Interested to see what people have installed?
Which is better?
does single mass flywheel = chatter?


----------



## sims159915 (Jan 24, 2005)

For the most part yes....but how much chatter are you willing to accept? 
I have a 19lb steel single mass that will be going in next week. I can report back then.


----------



## darrenbyrnes (Jan 4, 2005)

*Re: Single Mass vs Dual Mass Flywheel - Which is better? ( XXX 1.8T)*


_Quote, originally posted by * XXX 1.8T* »_Interested to see what people have installed?
Which is better?
does single mass flywheel = chatter?

Apparently yes.

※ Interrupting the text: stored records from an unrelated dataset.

//! The questions about the orders of steps.
ghost use Rattle.std.specs.Prelude.{◌≡◌, ◌⊎◌, IfErr, IfOk, IsSomeAnd, map, option_and_then, string_bytes};
ghost use Rattle.toml.specs.Parse.{parse_document};
ghost use Rattle.lab_scenario_orders.specs.AskFaults.{IsWhyOf};
ghost use Rattle.lab_scenario_orders.specs.Asks.{Asks, ask_table};
ghost use Rattle.lab_scenario_orders.specs.KeyLines.{IsPlaced};
ghost use Rattle.lab_scenario_orders.specs.declared.asks.Ask.{Ask};
ghost use Rattle.lab_scenario_orders.specs.Splits.{ask_part};
ghost use Rattle.lab_step_texts.specs.Asks.{AreJoined, IsAskOf, IsUnaskedFor, IsWhyJoined, are_none};
ghost use Rattle.lab_step_texts.specs.Questions.{unasked_part};

use crate::extras::lines_of;
use crate::questions::unasked_in;
use lab_scenario_orders::{Ask, AskFault, Callers, Watch, read_ask, read_callers};
use lab_step_orders::{Crew, CrewCaller, StepWatch};
use std::alloc::{AllocError, Global};

// Writes a step of a caller that has calls.
fn put_name(text: &mut String, number: usize, caller: &CrewCaller) -> Result<(), AllocError> {
    if caller.calls.len() == 0 {
        return Ok(());
    }
    write!(text, "[[step]]\ndo = \"now\"\nwho = {number}\n")
}

// A scenario that has a step of each of these callers.
fn names_in(alloc: Global, callers: &[CrewCaller]) -> Result<String, AllocError> {
    let mut text = String::new(alloc);
    let count = callers.len();
    write!(text, "[board]\nthreads = {count}\n")?;
    for (number, caller) in callers.iter().enumerate() {
        put_name(&mut text, number, caller)?;
    }
    Ok(text)
}

// The threads that have calls, by their names.
fn named(alloc: Global, crew: &Crew) -> Result<Callers, AskFault> {
    let Ok(text) = names_in(alloc, crew.callers.as_slice()) else {
        return Err(AskFault::Memory);
    };
    match read_callers(alloc, text.as_str().as_bytes()) {
        Ok(callers) => Ok(callers),
        Err(_) => Err(AskFault::Memory),
    }
}

// The questions of the table `[ask]` about these callers.
fn ask_of(alloc: Global, callers: &Callers, bytes: &[u8]) -> Result<Ask, AskFault>
    ensures asks { IfOk result (λ ask. IsSomeAnd (option_and_then ask_table (parse_document (ask_part bytes.now))) (λ table. Asks table ask)) }
    ensures placed { IfErr result (IsPlaced bytes.now) }
    ensures why { IfErr result (IsWhyOf callers.now.callers.items callers.now.board bytes.now) }
{
    match read_ask(alloc, callers, bytes) {
        Ok(ask) => Ok(ask),
        Err(fault) => Err(fault),
    }
}

// As many questions, each asked when one of these is; their facts are the crew's.
fn states_of(alloc: Global, watches: &[StepWatch]) -> Result<Vec<Watch>, AllocError>
    ensures { IfOk result (λ all. map (λ watch. watch.when) all.items ≡ map (λ watch. watch.when) watches.now) }
{
    let mut all = Vec::new(alloc);
    for watch in watches {
        all.push(Watch {
            when: watch.when,
            text: String::new(alloc),
            claims: Vec::new(alloc),
        })?;
    }
    Ok(all)
}

// Whether there are no questions.
fn are_none(watches: &[Watch]) -> bool
    ensures { result ≡ are_none watches.now }
{
    matches!(watches, [])
}

// The same questions with these about moments.
fn with_states(ask: Ask, watches: Vec<Watch>) -> Ask
    ensures never { result.never ≡ ask.never }
    ensures always_ends { result.always_ends ≡ ask.always_ends }
    ensures ends_waits { result.ends_waits ≡ ask.ends_waits }
    ensures as_picked { result.as_picked ≡ ask.as_picked }
    ensures outcomes { result.outcomes ≡ ask.outcomes }
    ensures watches { result.watches.items ≡ watches.items }
{
    let Ask {
        never,
        always_ends,
        ends_waits,
        as_picked,
        watches: _,
        outcomes,
    } = ask;
    Ask {
        never,
        always_ends,
        ends_waits,
        as_picked,
        watches,
        outcomes,
    }
}

// As `with_states`, of bytes without the lines of questions, with the crew's questions.
fn read_joined(alloc: Global, crew: &Crew, callers: &Callers, bytes: &[u8]) -> Result<Ask, AskFault>
    ensures asks { IfOk result (λ ask. (read : Ask) × IsSomeAnd (option_and_then ask_table (parse_document (ask_part bytes.now))) (λ table. Asks table read) × AreJoined crew.now read ask) }
    ensures placed { IfErr result (IsPlaced bytes.now) }
    ensures why { IfErr result (λ e. (e ≡ AskFault.Memory) ⊎ IsWhyJoined bytes.now e) }
{
    let ask = match ask_of(alloc, callers, bytes) {
        Ok(ask) => ask,
        Err(fault) => return Err(fault),
    };
    if !are_none(ask.watches.as_slice()) {
        return Err(AskFault::Table);
    }
    match states_of(alloc, crew.watches.as_slice()) {
        Ok(watches) => Ok(with_states(ask, watches)),
        Err(_) => Err(AskFault::Memory),
    }
}

// A text without the lines of questions.
fn unasked_of(alloc: Global, text: &str) -> Result<String, AllocError>
    ensures { IfOk result (λ plain. string_bytes plain ≡ unasked_part text.now) }
{
    let all = lines_of(alloc, text)?;
    unasked_in(alloc, all.as_slice())
}

/// The questions of a text's table `[ask]`: nothing without one. Each answer of `never` is one of a thread that has
/// calls. Its questions about moments are the crew's.
pub fn read_step_ask(alloc: Global, crew: &Crew, bytes: &[u8]) -> Result<Ask, AskFault>
    ensures asks { IfOk result (IsAskOf bytes.now crew.now) }

    // A fault of a key is reported with the first line that sets it.
    ensures placed { IfErr result (IsPlaced (unasked_part bytes.now)) }

    // It is refused only for what is wrong with it, for a question that isn't on a line of its own, or for want of memory.
    ensures why { IfErr result (IsUnaskedFor bytes.now) }
{
    let Ok(text) = str::from_utf8(bytes) else {
        return Err(AskFault::Table);
    };
    let Ok(plain) = unasked_of(alloc, text) else {
        return Err(AskFault::Memory);
    };
    match named(alloc, crew) {
        Ok(callers) => read_joined(alloc, crew, &callers, plain.as_str().as_bytes()),
        Err(_) => Err(AskFault::Memory),
    }
}
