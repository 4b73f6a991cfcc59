//! `lab callers`: callers of both stages in a text, one step after another.
ghost use Rattle.std.specs.Prelude.{◌≡◌, ◌++◌, codes, map, option_map, string_bytes, unwrap_or, IfOk, OnOk, IfErr, false};
ghost use Rattle.std.specs.Io.KnownBytes.{Appends};
ghost use Rattle.evl_plans.specs.Told.{handler_of};
ghost use Rattle.lab_drives.specs.Callers.{TellsCallers, TellsPlayed, TellsRead, TellsText, ending_status, ending_text, played_told};
ghost use Rattle.lab_streams.specs.Outputs.{Writes, WritesOfText};
ghost use Rattle.lab_streams.specs.Streams.{EndsEarly};

use evl_base::Refusal;
use evl_plans::Planned;
use lab_callers::{Ending, Played, StepFault, play_callers};
use lab_callers_text::{CallersText, read_callers};
use lab_kinds::kind_of;
use lab_streams::{
    AT_FAULT, Stream, as_callers, called, read_plans, read_text, refused, tell_fault_by,
    tell_refused, tell_unread,
};
use std::alloc::{AllocError, Global};
use std::io::{self, Read};
use std::rt::Files;

// Says which step can't be made, and why.
fn tell_step<E: Stream>(err: &mut E, name: &str, number: usize, fault: StepFault) -> io::Result<u8>
    ensures status { IfOk result (λ status. status ≡ 2) }
    ensures line { OnOk result (Appends (E.contents err.old) (E.contents err.new) (ending_text name.now (Ending.Fault number fault))) }
    ensures early { IfErr result (EndsEarly false false (E.has_failed err.new)) }
{
    let words = fault.words();
    writeln!(err, "{name}: bad step {number}: {words}")?;
    Ok(AT_FAULT)
}

// Says how the steps ended, where one can't be made, and answers the status.
fn tell_ending<E: Stream>(err: &mut E, name: &str, ending: Ending) -> io::Result<u8>
    ensures status { IfOk result (λ status. status ≡ ending_status ending) }
    ensures line { OnOk result (Appends (E.contents err.old) (E.contents err.new) (ending_text name.now ending)) }
    ensures early { IfErr result (EndsEarly false false (E.has_failed err.new)) }
{
    match ending {
        Ending::Fault(number, fault) => tell_step(err, name, number, fault),
        Ending::Closed | Ending::Open(_) => Ok(0),
    }
}

// Prints what is reported of the steps, and answers the status.
fn tell_played<O: Stream, E: Stream>(
    name: &str,
    played: &Played,
    out: &mut O,
    err: &mut E,
) -> io::Result<u8>
    ensures writes { IfOk result (Writes (λ output. output ≡ played_told name.now played.now) (O.contents out.old) (O.contents out.new) (E.contents err.old) (E.contents err.new)) }
    ensures early { IfErr result (EndsEarly false (O.has_failed out.new) (E.has_failed err.new)) }
{
    out.write_all(played.lines.as_bytes())?;
    out.write_all(played.closing.as_bytes())?;
    tell_ending(err, name, played.ending)
}

// Plays what a text asks for, and answers the status.
fn play<O: Stream, E: Stream>(
    alloc: Global,
    name: &str,
    asked: CallersText,
    plans: Vec<Planned>,
    out: &mut O,
    err: &mut E,
) -> io::Result<u8>
    ensures writes { IfOk result (Writes (TellsPlayed (map handler_of plans.items) name.now asked) (O.contents out.old) (O.contents out.new) (E.contents err.old) (E.contents err.new)) }
    ensures early { IfErr result (EndsEarly false (O.has_failed out.new) (E.has_failed err.new)) }
{
    match play_callers(alloc, asked, plans) {
        Ok(played) => tell_played(name, &played, out, err),
        Err(Refusal::Range) => refused(tell_refused(err, name, "bad board")),
        Err(_) => Err(AllocError.into()),
    }
}

// Plays a text, and answers the status.
fn play_text<O: Stream, E: Stream>(
    alloc: Global,
    name: &str,
    limit: Option<u32>,
    text: &[u8],
    plans: Vec<Planned>,
    out: &mut O,
    err: &mut E,
) -> io::Result<u8>
    ensures writes { IfOk result (Writes (TellsText (map handler_of plans.items) limit name.now text.now) (O.contents out.old) (O.contents out.new) (E.contents err.old) (E.contents err.new)) }
    ensures early { IfErr result (EndsEarly false (O.has_failed out.new) (E.has_failed err.new)) }
{
    match read_callers(alloc, text, limit) {
        Ok(asked) => play(alloc, name, asked, plans, out, err),
        Err(fault) => {
            let kind = kind_of(alloc, text)?;
            refused(tell_fault_by(err, name, as_callers(kind), fault))
        }
    }
}

// Plays a file, or the input where none is named, and answers the status.
fn play_file<R: Files + AllocGlobal, I: Read, O: Stream, E: Stream>(
    rt: &R,
    file: Option<&str>,
    limit: Option<u32>,
    plans: Vec<Planned>,
    input: &mut I,
    out: &mut O,
    err: &mut E,
) -> io::Result<u8>
    ensures writes { IfOk result (WritesOfText (TellsRead (map handler_of plans.items) limit (unwrap_or (option_map (λ file. file.now) file.entry) (codes "-"))) (option_map (λ file. file.now) file.entry) (I.remaining input.old) (O.contents out.old) (O.contents out.new) (E.contents err.old) (E.contents err.new)) }
    ensures early { IfErr result (EndsEarly false (O.has_failed out.new) (E.has_failed err.new)) }
{
    let name = called(file);
    match read_text(rt, file, input) {
        Ok(text) => play_text(rt.alloc(), name, limit, text.as_slice(), plans, out, err),
        Err(why) => refused(tell_unread(err, name, why)),
    }
}

/// Plays a text of callers over a bank, prints what each step was answered and what is in the word that it went
/// to, and answers the status: 2 where the text is refused or can't be read, a step can't be made, or the bank is at
/// fault.
pub fn drive_callers<R: Files + AllocGlobal, I: Read, O: Stream, E: Stream>(
    rt: &R,
    bank: Option<&str>,
    file: Option<&str>,
    limit: Option<u32>,
    input: &mut I,
    out: &mut O,
    err: &mut E,
) -> io::Result<u8>
    ensures told { IfOk result (TellsCallers (option_map (λ file. file.now) bank.entry) limit (option_map (λ file. file.now) file.entry) (I.remaining input.old) (O.contents out.old) (O.contents out.new) (E.contents err.old) (E.contents err.new)) }
    ensures early { IfErr result (EndsEarly false (O.has_failed out.new) (E.has_failed err.new)) }
{
    match read_plans(rt, bank, err) {
        Ok(Some(plans)) => play_file(rt, file, limit, plans, input, out, err),
        Ok(None) => Ok(AT_FAULT),
        Err(error) => Err(error),
    }
}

I just replaced my flywheel and on the advice of my mechanic, bought the dual mass due to the increased noise factor. He thought a single mass was way annoying and I trust his opinion.


----------



## blinky76 (Apr 21, 2008)

*Re: Single Mass vs Dual Mass Flywheel - Which is better? ( XXX 1.8T)*

i have 11lb flywheel it chatters only when in neutral with clutch out soon as you push clutch in it goes away


----------



## sr_erick (Mar 17, 2008)

I have a 19 pound singlemass flywheel and there is no chatter above 1000 rpm. At idle it does chatter a bit but it certainly isn't annoying. Push in the clutch and it goes away obviously. As mentioned in another topic, I would NEVER go back to a dual mass flywheel again. The car is now much more responsive, shifts quicker, accelerates quicker, etc. The engine can rev much faster so when you're downshifting and such there's no big lugging sensation while waiting for the engine RPM to catch up to the gearing. It's just smooth sailing. I can't imagine what an even lighter flywheel would be like. Another advantage is that a singlemass is typically cheaper to buy.


----------



## cincyTT (May 11, 2006)

*Re: Single Mass vs Dual Mass Flywheel - Which is better? ( XXX 1.8T)*

I have a 13lb steel fw and no chatter with the idle moved to 900rpms.
Single will be lighter, increase rev speed, cheaper and is resurfacable
Dual is easier to drive due to its weight and doesnt make noise


----------



## retloctt (Aug 1, 2006)

*Re: Single Mass vs Dual Mass Flywheel - Which is better? (cincyTT)*

Single mass Lightweight Steel flywheel by SPEC. Chatters pretty loud at idle with clutch out. goes away above 1K RPM. The clutch feel and solid engagement are totally worth it. Mated up with a Spec 2+ clutch. Good setup if you dont mind a little chatter http://****************.com/smile/emthup.gif


----------